# Do you need to use CO2 to have live plants?



## rollinkansas (Nov 16, 2009)

I have a tiny Fluval Edge tank I wanted to plant and use for a pair of killifish. I see CO2 mentioned all over the place here, but is it entirely necessary to have a CO2 system for just a few plants in a tank this small (6.6) gallons?

Thanks in advance.


----------



## flashbang009 (Aug 6, 2009)

No, it is not a must to get good plant growth. Obviously, it will dramatically improve your plant growth, along with the right lighting. However... It is not necessary. I myself only use Seachem's Excel, which is an alternative to CO2. In my opinion, its not as good, but the most cost effective option (within my budget) i have for a 75 gallon. That would also be a good choice for you.

Or... you could go the route, especially with a tank that size, of DIY Co2. There are numerous articles all over this site about diy, and with a tank that small, it wouldn't be a bad idea if you wanted Co2. It is muchhhh cheaper for a tank that size, but for larger tanks, its more cost effective to buy pressurized co2 in the long run. 

Hope this helps!!


----------



## geeks_15 (Dec 9, 2006)

No, no, no.

You can grow many plants without CO2 or any carbon supplement. I have many planted tanks with no supplemental CO2 or carbon (excel).

The key will be the level of lighting (not too much, not too little), and plant selection. Many of the most commonly found plants will grow with low light and no CO2. Try anubias, java fern, java moss, cryptocorynes.

Check out the El Natural forum for tons of information on low cost, low maintenance, planted tanks. Diane Walstad also wrote a book about this type of 'natural' aquarium that is full of great info.


----------



## rollinkansas (Nov 16, 2009)

Thanks a lot for the reply. Anubias, and utrics, and simple plants were what I was looking for. I have kept reef tanks, and keep orchids, but havent ventured into the freshwater plants yet.

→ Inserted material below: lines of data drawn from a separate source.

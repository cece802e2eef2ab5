ghost use Rattle.std.specs.Prelude.{◌≡◌, ℕ, ◌<◌, ◌≤◌, true, false, length, IfOk, slice_index_or};
ghost use Rattle.labels.specs.Goals.{with_ends};
ghost use Rattle.labels.specs.Table.{before};
ghost use Rattle.labels.specs.TableView.{parts_in, label_in, Stands};
ghost use Rattle.labels.specs.JobWalks.{node_of, wait_of, keeps, keeps_part, keeps_label, keeps_any};
ghost use Rattle.labels.specs.LabelCalls.{label_of, idling_answer};
ghost use Rattle.labels.specs.LabelTruth.{Judges};

use crate::binding::Binding;
use crate::connective::Connective;
use crate::known::is_known;
use crate::label::Label;
use crate::part::Part;
use crate::read::{is_fact, node_at};
use crate::refusal::LabelRefusal;
use crate::walk::{Range, Wait};
use crate::workspace::Workspace;
use goals::goal::{Ends, Node};
use goals::job::Job;
use registers::register::Register;

// A register's facts held for ever, one state an hour, for the nodes of a job.
#[derive(Drop)]
struct Idling<'a, R> {
    job: &'a Job,
    register: &'a R,
}

impl<'a, R: Register> Idling<'a, R> {
    // Does it keep a goal node under a binding?
    #[cycle(any_node_until)]
    fn node(&self, number: usize, binding: Binding) -> bool
        ensures { result ≡ keeps self.now.job.now (R.Register.meaning self.now.register.now) (node_of self.now.job.now number) binding }
    {
        match *node_at(self.job, number) {
            Node::True => true,
            Node::Test(atom) => is_fact(self.register, binding, atom),
            Node::Equal(left, right) => binding.value(left) == binding.value(right),
            Node::Not(x) => !self.node(x, binding),
            Node::And(left, right) => self.node(left, binding) && self.node(right, binding),
            Node::Or(left, right) => self.node(left, binding) || self.node(right, binding),
            Node::Next(x) => self.node(x, binding),
            Node::Until(ends, hold, reach) => {
                self.until(Wait::new(number, ends, hold, reach), binding)
            }
            Node::ForAll(variable, bound, body) => {
                let range = Range::new(Connective::And, number, variable, bound, body);
                !self.any(range, binding, false)
            }
            Node::Exists(variable, bound, body) => {
                let range = Range::new(Connective::Or, number, variable, bound, body);
                self.any(range, binding, true)
            }
        }
    }

    // Does it keep an until with any ends: its second part, and its first too if the lower end is above 0?
    #[cycle(any_node_until)]
    fn until(&self, wait: Wait, binding: Binding) -> bool
        requires hold { wait.hold < wait.node }
        requires reach { wait.reach < wait.node }
        ensures { result ≡ keeps self.now.job.now (R.Register.meaning self.now.register.now) (wait_of self.now.job.now wait) binding }
    {
        if wait.ends.lower.hours > 0 && !self.node(wait.hold, binding) {
            return false;
        }
        self.node(wait.reach, binding)
    }

    // Is there an id in range for which the body's answer is the wanted one?
    // A `for`; `any` was tried: for a closure that calls `node` back the check asked for four measures.
    #[cycle(any_node_until)]
    fn any(&self, range: Range, binding: Binding, wanted: bool) -> bool
        requires { range.body < range.node }
        ensures { result ≡ keeps_any self.now.job.now (R.Register.meaning self.now.register.now) wanted range binding }
    {
        let register = self.register;
        for id in 0..self.job.ids() {
            let bound = binding.with(range.variable, id);
            if is_fact(register, bound, range.bound) && self.node(range.body, bound) == wanted {
                return true;
            }
        }
        false
    }

    // Does it keep a pending part? Like `Step::pending`, which gives a label.
    fn pending(&self, number: usize, binding: Binding, ends: Ends) -> bool
        ensures { result ≡ keeps self.now.job.now (R.Register.meaning self.now.register.now) (with_ends ends (node_of self.now.job.now number)) binding }
    {
        match *node_at(self.job, number) {
            Node::Until(_, hold, reach) => {
                self.until(Wait::new(number, ends, hold, reach), binding)
            }
            _ => self.node(number, binding),
        }
    }

    // Does it keep a part, from the answers for its own parts?
    fn one_part(&self, part: Part, gave: &[bool]) -> bool
        requires { before (length gave.now) part ≡ true }
        ensures { result ≡ keeps_part self.now.job.now (R.Register.meaning self.now.register.now) gave.now part }
    {
        match part {
            Part::True => true,
            Part::False => false,
            Part::Pending {
                node,
                binding,
                ends,
            } => self.pending(node, binding, ends),
            Part::Not(x) => !gave[x],
            Part::And(x, y) => gave[x] && gave[y],
            Part::Or(x, y) => gave[x] || gave[y],
        }
    }

    // The answers for every part of a label, each once and in the order of its table.
    fn every_part(&self, label: &Label, gave: &mut [bool])
        requires { length (parts_in label.now.table) ≤ length gave.old }
        ensures { (k : ℕ) → Stands label.now.table k → slice_index_or gave.new k false ≡ keeps_label self.now.job.now (R.Register.meaning self.now.register.now) (label_in label.now.table k) }
    {
        for (k, part) in label.table.parts().iter().enumerate() {
            gave[k] = self.one_part(*part, gave);
        }
    }
}

impl Label {
    // Does holding the register's facts for ever, one state an hour, keep the label? It is asked of each part once.
    pub fn idles<R: Register>(
        &self,
        workspace: &mut Workspace,
        job: &Job,
        register: &R,
    ) -> Result<bool, LabelRefusal>
        ensures answer { result ≡ idling_answer job.now (R.Register.meaning register.now) (label_of self.now) }
        ensures truth { IfOk result (λ b. Judges job.now (R.Register.meaning register.now) (label_of self.now) b) }
    {
        if !is_known(job, self) {
            return Err(LabelRefusal::OtherJob);
        }
        let gave = workspace.marks.as_mut_slice();
        Idling { job, register }.every_part(self, gave);
        Ok(gave[self.root])
    }
}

And also, they told me at the fish place I could grow these simple plants in just straight black gravel? They said I could obviously add things to make it better for the plants, but they werent necessary either. Is this true as well that I can get away with just straight black gravel?


----------



## ghengis (Jun 11, 2008)

"Straight black gravel" is what I use. It's probably not as effective as some of the ADA type gear, but it does the job. Just look for a grain size around 1-2mm, this will give plenty of purchase for the roots and allow them to "breathe" also...


----------



## flashbang009 (Aug 6, 2009)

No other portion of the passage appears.